Release Notes¶
Note
Contributors please include release notes as needed or appropriate with your bug fixes, feature additions and tests.
0.2.2¶
Changes:
- Word tokenizer
- Urdu word tokenization functionality added. To covert normalize Urdu sentence into possible word tokens,
we need to use
urduhack.tokenization.word_tokenizer
function.
0.1.0¶
Changes:
- Normalize function
- Single function added to do all normalize stuff. To normalize some text,
all you need to do is to import this function
urduhack.normalize
and it will return a string with normalized characters both single and combined, proper spaces after digits and punctuations, also remove the diacritics.
- Sentence Tokenizer
- Urdu sentence tokenization functionality added.

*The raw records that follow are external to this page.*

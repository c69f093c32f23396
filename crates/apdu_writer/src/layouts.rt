// The octets of each kind of header, laid over the front of an area that holds them.
ghost use Rattle.std.specs.Prelude.{◌≡◌, length, ◌+◌, ◌≤◌, get_or, false};
ghost use Rattle.octets.specs.Splice.{splice};
ghost use Rattle.apdu.specs.Layout.{first_octet, tail, header};
ghost use Rattle.apdu.specs.Rows.{Fits};
ghost use Rattle.apdu.specs.declared.Pdu.TheVariants.{Request, ComplexAck};

use apdu::{ComplexAckPdu, Pdu, RequestPdu, Segment};

// The type in the high four bits, then bits 3 to 0.
#[tactic(auto, using(crate::proofs::Cases::bits), unfolding(apdu::specs::Layout::first_octet))]
fn first_octet(kind: u8, bits: [bool; 4]) -> u8
    requires { kind ≤ 7 }
    ensures { result ≡ first_octet kind (get_or bits 0 false) (get_or bits 1 false) (get_or bits 2 false) (get_or bits 3 false) }
{
    let [b3, b2, b1, b0] = bits;
    kind * 16 + u8::from(b3) * 8 + u8::from(b2) * 4 + u8::from(b1) * 2 + u8::from(b0)
}

// The first octet of a kind without low bits.
#[tactic(auto, unfolding(apdu::specs::Layout::first_octet, apdu::specs::Layout::flag, octets::specs::Choice::given))]
fn plain(kind: u8) -> u8
    requires { kind ≤ 7 }
    ensures { result ≡ first_octet kind false false false false }
{
    kind * 16
}

// If SEG, number and window; choice.
#[tactic(auto, using(octets::specs::Rules::flags), unfolding(apdu::specs::Layout::tail))]
fn put_tail(out: &mut [u8], at: usize, g: Segment, choice: u8)
    requires { at + length (tail g choice) ≤ length out.old }
    ensures { out.new ≡ splice out.old at (tail g choice) }
{
    if g.seg {
        octets::copy(&[g.number, g.window, choice], out, at);
    } else {
        octets::put(out, at, choice);
    }
}

fn put_request(p: RequestPdu, out: &mut [u8])
    requires { (length (header (Request p)) ≤ length out.old) × Fits (Request p) }
    ensures { out.new ≡ splice out.old 0 (header (Request p)) }
{
    let g = p.segment;
    let first = first_octet(0, [g.seg, g.mor, p.sa, false]);
    octets::copy(&[first, p.accepts * 16 + p.size, p.invoke], out, 0);
    put_tail(out, 3, g, p.choice);
}

fn put_complex_ack(p: ComplexAckPdu, out: &mut [u8])
    requires { length (header (ComplexAck p)) ≤ length out.old }
    ensures { out.new ≡ splice out.old 0 (header (ComplexAck p)) }
{
    let g = p.segment;
    let first = first_octet(3, [g.seg, g.mor, false, false]);
    octets::copy(&[first, p.invoke], out, 0);
    put_tail(out, 2, g, p.choice);
}

pub fn put_header(p: Pdu, out: &mut [u8])
    requires { (length (header p) ≤ length out.old) × Fits p }
    ensures { out.new ≡ splice out.old 0 (header p) }
{
    match p {
        Pdu::Request(q) => put_request(q, out),
        Pdu::Unconfirmed(q) => octets::copy(&[plain(1), q.choice], out, 0),
        Pdu::SimpleAck(q) => octets::copy(&[plain(2), q.invoke, q.choice], out, 0),
        Pdu::ComplexAck(q) => put_complex_ack(q, out),
        Pdu::SegmentAck(q) => {
            let first = first_octet(4, [false, false, q.nak, q.srv]);
            octets::copy(&[first, q.invoke, q.number, q.window], out, 0);
        }
        Pdu::Error(q) => octets::copy(&[plain(5), q.invoke, q.choice], out, 0),
        Pdu::Reject(q) => octets::copy(&[plain(6), q.invoke, q.reason], out, 0),
        Pdu::Abort(q) => {
            let first = first_octet(7, [false, false, false, q.srv]);
            octets::copy(&[first, q.invoke, q.reason], out, 0);
        }
    }
}
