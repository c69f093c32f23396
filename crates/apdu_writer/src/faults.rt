// The first field in octet order that breaks a rule refuses a header.
ghost use Rattle.std.specs.Prelude.{◌≡◌};
ghost use Rattle.octets.specs.Refusal as refusal;
ghost use Rattle.apdu.specs.Fault.{mor_fault, window_fault, segment_fault, or_else, fault_of};
ghost use Rattle.apdu.specs.declared.Pdu.TheVariants.{Request};

use apdu::{ComplexAckPdu, Edition, Pdu, RequestPdu, Segment};
use octets::Refusal;

// MOR needs SEG.
#[tactic(auto, using(octets::specs::Rules::flags), unfolding(apdu::specs::Fault::mor_fault))]
fn judge_mor(g: Segment) -> Result<(), Refusal>
    ensures { refusal.fault_of result ≡ mor_fault g }
{
    if g.mor && !g.seg {
        return Err(Refusal::ApduReserved);
    }
    Ok(())
}

// Windows are 1 to 127.
#[tactic(auto, using(octets::specs::Rules::tests), unfolding(apdu::specs::Fault::window_fault))]
fn judge_window(w: u8) -> Result<(), Refusal>
    ensures { refusal.fault_of result ≡ window_fault w }
{
    if w == 0 || 127 < w {
        return Err(Refusal::SizeOrWindow);
    }
    Ok(())
}

// The window of a segment; without SEG it is absent.
#[tactic(auto, using(octets::specs::Rules::flags), unfolding(apdu::specs::Fault::segment_fault))]
fn judge_segment(g: Segment) -> Result<(), Refusal>
    ensures { refusal.fault_of result ≡ segment_fault g }
{
    if g.seg {
        judge_window(g.window)
    } else {
        Ok(())
    }
}

#[tactic(auto, using(octets::specs::Rules::tests, crate::proofs::Judged::judged), unfolding(apdu::specs::Fault::code_fault, apdu::specs::Fault::size_fault))]
fn judge_request(edition: Edition, p: RequestPdu) -> Result<(), Refusal>
    ensures { refusal.fault_of result ≡ fault_of edition (Request p) }
{
    judge_mor(p.segment)?;
    if apdu::most(edition) < p.accepts {
        return Err(Refusal::ApduReserved);
    }
    if 5 < p.size {
        return Err(Refusal::SizeOrWindow);
    }
    judge_segment(p.segment)
}

#[tactic(auto, using(crate::proofs::Judged::judged))]
fn judge_complex_ack(p: ComplexAckPdu) -> Result<(), Refusal>
    ensures { refusal.fault_of result ≡ or_else (mor_fault p.segment) (segment_fault p.segment) }
{
    judge_mor(p.segment)?;
    judge_segment(p.segment)
}

// Whether a header may be written, whatever the area.
pub fn judge(edition: Edition, p: Pdu) -> Result<(), Refusal>
    ensures { refusal.fault_of result ≡ fault_of edition p }
{
    match p {
        Pdu::Request(q) => judge_request(edition, q),
        Pdu::ComplexAck(q) => judge_complex_ack(q),
        Pdu::SegmentAck(q) => judge_window(q.window),
        Pdu::Unconfirmed(_) | Pdu::SimpleAck(_) | Pdu::Error(_) | Pdu::Reject(_) | Pdu::Abort(_) =>
            Ok(()),
    }
}
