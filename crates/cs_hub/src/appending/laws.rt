//! The laws of appending, each the contract of a function that does nothing.

ghost use Rattle.std.specs.Prelude.{◌≡◌};
ghost use Rattle.cs_hub.specs.appending.Laws.{DefinedOrConflict, OneFirstConflict};
ghost use Rattle.cs_conflict.specs.declared.conflict.Resolution.TheVariants.{Abort};

use cs_conflict::{Conflict, Resolution};

/// A changeset has one first conflict with the rows.
pub fn one_first_conflict()
    ensures { OneFirstConflict }
{}

/// The same as below, by what any closure is asked.
fn defined_or_asked<H: FnMut(&Conflict<'_>) -> Resolution>(_answer: &H)
    ensures { DefinedOrConflict }
{
    cs_conflict::laws::kind_tells();
    cs_apply::laws::normal_asks::<H>();
}

/// A changeset of the tables is defined on the rows, or has a first conflict with them.
pub fn defined_or_conflict()
    ensures { DefinedOrConflict }
{
    defined_or_asked(
        &|_shown: &Conflict<'_>| -> Resolution
            ensures { result ≡ Abort }
        { Resolution::Abort },
    )
}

To covert raw Urdu text into possible sentences,
we need to use
urduhack.tokenization.sentence_tokenizer
function.
Bug fixes:
- Fixed bugs in
remove_diacritics()
0.0.2¶
Changes:
- Character Level Normalization
- The
urduhack.normalization.character
module provides the functionality to replace wrong arabic characters with correct urdu characters.
- Space Normalization
- The
urduhack.normalization.space.util
module provides functionality to put proper spaces before and after numeric digits, urdu digits and punctuations (urdu text).
- Diacritics Removal
- The
urduhack.utils.text.remove_diacritics
module in the UrduHack provides the functionality to remove Urdu diacritics from text. It is an important step in pre-processing of the Urdu data.
0.0.1¶
Changes:
- Urdu character normalization api added.
- Urdu space normalization utilities functionality added.
- urdu characters correct unicode ranges added.